Saat ini Miki sudah menjadi orang merdeka, karena kasasi jaksa juga ditolak oleh Mahkamah Agung (MA). Kasus Miki membuat saya kembali mengingat tentang apa yang selama ini telah dilakukan Yayasan Satu Keadilan. Sebuah lembaga non government organization (NGO) yang konsen bergerak di bidang advokasi hukum.
Selain kasus kriminalisasi atas aktivis lingkungan Miki, Yayasan Satu Keadilan juga membela warga Antajaya, Kecamatan Tanjungsari Kabupaten Bogor dalam menggugat pembatalan Izin Usaha Pertambangan (IUP) atas nama Perhutani melalui Pengadilan Tinggi Usaha Negara (PTUN) Bandung. Dalam putusan itu, majelis hakim akhirnya mengabulkan gugatan warga. IUP atas nama Koperasi Perhutani pun secara otomatis dibatalkan dengan keluarnya putusan Kasasi MA.
Pembelaan dilakukan oleh kami, selama hampir tiga tahun tanpa jeda. Bahkan, sampai sekarang pun belum berhenti. Kami masih di sini. Di bidang advokasi bersama warga yang memang membutuhkan bantuan hukum.
Selain advokasi tersebut, puluhan kasus masyarakat juga masih kami tangani. Mulai dari kekerasan seksual pada anak, ribuan warga Manislor, Kabupaten Kuningan yang memperjuangkan untuk memperoleh KTP Elektronik (KTP-el), juga tentang diskriminasi dan persekusi atas warga Ahmadyah serta hak atas tanah sunda wiwitan, dll.
Masyarakat miskin yang buta hukum, dan kaum marjinal memang membutuhkan pembelaan hukum. Termasuk advokasi politik dalam hal ini kebijakan agar mereka bisa memperoleh hak atas hidup, sosial, budaya.
Pembelaan ini kebanyakan dilakukan oleh NGO. Saya lebih suka menggunakan istilah NGO ketimbang LSM (Lembaga Swadaya Masyarakat-red). Karena, saat ini LSM sudah menjamur se-antero Indonesia. Tapi, jangan ditanya tentang peran mereka.

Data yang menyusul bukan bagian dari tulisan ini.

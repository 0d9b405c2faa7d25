// What document 02 asked for, as theorems over the definitions of the crates below, beside the user's demands (demands). No code:
// everything stands in specs/.
#![tactic(auto)]
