//! Worked rows: what two queues do with a few packets, as the definitions compute it.
ghost use Rattle.shard_laws.specs.Rows.{TwoQueuesShareARun, StatesAreMerged, TwoSharesKeepTheRule, OneFlowAtTwoQueues};

/// Each of two queues has its packets in order, and their answers.
pub fn two_queues_share_a_run()
    ensures { TwoQueuesShareARun }
{}

/// A merged cell is the one copy that differs, a merged stamp the greatest one, and a union has no
/// flow that is past its lifetime.
pub fn states_are_merged()
    ensures { StatesAreMerged }
{}

/// Lines with own indices keep the share rule; foreign indices and full chains break it.
pub fn lines_keep_the_rule()
    ensures { TwoSharesKeepTheRule }
{}

/// Two packets of one flow at two queues: they meet, and one of them has no step at its queue.
pub fn one_flow_at_two_queues()
    ensures { OneFlowAtTwoQueues }
{}
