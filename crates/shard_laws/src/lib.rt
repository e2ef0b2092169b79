//! The commutation law of sharded runs. Each function's contract is one law; its body does nothing.
#![tactic(auto)]

pub mod rows;
pub mod shares;

ghost use Rattle.shard_laws.specs.Laws.{SeenIsPart, PartsAge, OperationsAgree, QuestionsAgree, CreationsAgree, PacketsStepAlike, QueuesRun, UndividedRuns, QueuesCompose, MeetingQueuesCompose, MeetingUndividedRuns, UnionsAreOne};

/// What a queue sees of a state is its part, and goes on as the whole state does, statement by
/// statement.
pub fn parts_do_alike()
    ensures seen { SeenIsPart }
    ensures aging { PartsAge }
    ensures operations { OperationsAgree }
    ensures questions { QuestionsAgree }
    ensures creations { CreationsAgree }
{}

/// One packet, on the part of its queue and on the whole state.
pub fn packets_step_alike()
    ensures { PacketsStepAlike }
{}

/// The run over each queue's packets has a meaning and gives each packet its answer, where each
/// location is touched by packets of one queue.
pub fn queues_run()
    ensures { QueuesRun }
{}

/// The other way: where the run over each queue's packets has a meaning, so has the run of all.
pub fn queues_give_a_meaning()
    ensures { UndividedRuns }
{}

/// The commutation law: the runs of the queues make up the run of all packets, where each location
/// is touched by packets of one queue.
pub fn shards_compose()
    ensures { QueuesCompose }
{}

/// The commutation law, where any two packets that meet have one queue.
pub fn meeting_queues_compose()
    ensures { MeetingQueuesCompose }
{}

/// The other way, where any two packets that meet have one queue.
pub fn meeting_queues_give_a_meaning()
    ensures { MeetingUndividedRuns }
{}

/// The union of the queues' last states is one state.
pub fn unions_are_one()
    ensures { UnionsAreOne }
{}
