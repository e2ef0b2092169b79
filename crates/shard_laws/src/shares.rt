//! Shares of the indices, their rule and their stop.
ghost use Rattle.shard_laws.specs.ShareLaws.{SharesHaltOwn, RunsByStopsAreRuns, StopsAreUndivided, MeetingSharesCompose, MeetingSharesRecompose, MeetingStopsAreUndivided};

/// A share stops only where no index of it is vacant, and as far as its run has a meaning, that is
/// the run that stops nowhere.
pub fn shares_run_alike()
    ensures halts { SharesHaltOwn }
    ensures runs { RunsByStopsAreRuns }
{}

/// Where a share's handler stops on its queue's part, it stops on the whole state, and the other
/// way, with the same choices left.
pub fn share_stops_alike()
    ensures { StopsAreUndivided }
{}

/// The commutation law for shares: where lines keep the share rule and packets that meet have one
/// queue, the runs of the queues by their shares make up the run of all packets.
pub fn meeting_shares_compose()
    ensures { MeetingSharesCompose }
{}

/// The other way: where each queue has a run by its share, all packets have one, and its lines keep
/// the share rule.
pub fn meeting_shares_recompose()
    ensures { MeetingSharesRecompose }
{}

/// A share's stop behind a run is one of all packets' run, and the other way, with all choices used.
pub fn meeting_stops_are_undivided()
    ensures { MeetingStopsAreUndivided }
{}
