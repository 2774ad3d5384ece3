// The console: the scale and the meter that the script chose, and the desk with the engine under them; what it does is
// beside it.
ghost use Rattle.std.specs.Prelude.{◌≡◌};

use crate::chosen::{ChosenMeter, ChosenScale};
use crate::desk::Desk;

mod answers;

pub struct Console {
    scale: ChosenScale,
    meter: ChosenMeter,
    desk: Desk,
    // The engine on the desk works under them.
    ghost under: { (desk.engine.scale ≡ scale) × (desk.engine.meter ≡ meter) },
}
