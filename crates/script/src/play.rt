// A script that is held in memory, played from its first line to its last.
ghost use Rattle.std.specs.Prelude.{◌≡◌, IfOk, string_bytes};
ghost use Rattle.script.specs.Consoles.{console_of};
ghost use Rattle.script.specs.Scripts.{answers, lines_of, transcript as transcript_of};

use crate::console::Console;
use std::alloc::{AllocError, Global};

// Answers the lines of a script.
fn answer_all(heap: Global, console: &mut Console, script: &[u8]) -> Result<String, AllocError>
    ensures { IfOk result (λ text. string_bytes text ≡ answers (console_of console.old) (lines_of script.now)) }
{
    let mut transcript = String::new(heap);
    // Behind a last line feed one empty line more is split off, which is passed over.
    for line in script.split(|byte| *byte == b'\n') {
        if let Some(reply) = console.answer(heap, line)? {
            transcript.writeln(reply)?;
        }
    }
    Ok(transcript)
}

// Plays a script on a console of its own, and answers the transcript: the line of each reply, with a line feed.
pub fn play(heap: Global, script: &[u8]) -> Result<String, AllocError>
    ensures { IfOk result (λ text. string_bytes text ≡ transcript_of script.now) }
{
    let mut console = Console::new();
    let transcript = answer_all(heap, &mut console, script);
    console.close();
    transcript
}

Karena, tidak banyak LSM yang menjalankan fungsinya sebagai pembela warga. Malahan, beberapa kasus terungkap kalau LSM jadi wadah untuk memeras. Bahkan ada juga yang menjadi bekingan pengusaha untuk menekan warga. Miris.
Para pejuang masyarakat akhirnya hanya mengerucut pada NGO ‘itu-itu saja’ yang memang telah berjuang sejak zaman represif orde baru (Orba).
Sementara, saat ini adalah eranya partai politik. Seorang politikus akan turut serta menentukan kebijakan publik. Sehingga apabila mereka melakukan advokasi kebijakan/politik, maka persoalan apapun akan lebih cepat direspon pemerintah daripada advokasi oleh NGO seperti kami.
Banyak persoalan yang dialami masyarakat miskin dan kaum marjinal. Mereka berjuang menuntut hak atas kebebasan berkeyakinan dan beragama, hak atas hidup, hak masyarakat adat dll. Juga kasus lingkungan hidup seperti yang pernah dialami warga Desa Antajaya. Persoalan itu makin menumpuk dari hari ke hari dan mereka semua membutuhkan solusi.
Lalu, bisakah mereka berharap pada politikus partai untuk memperjuangkannya? Biarlah ini dijawab oleh mereka para politisi.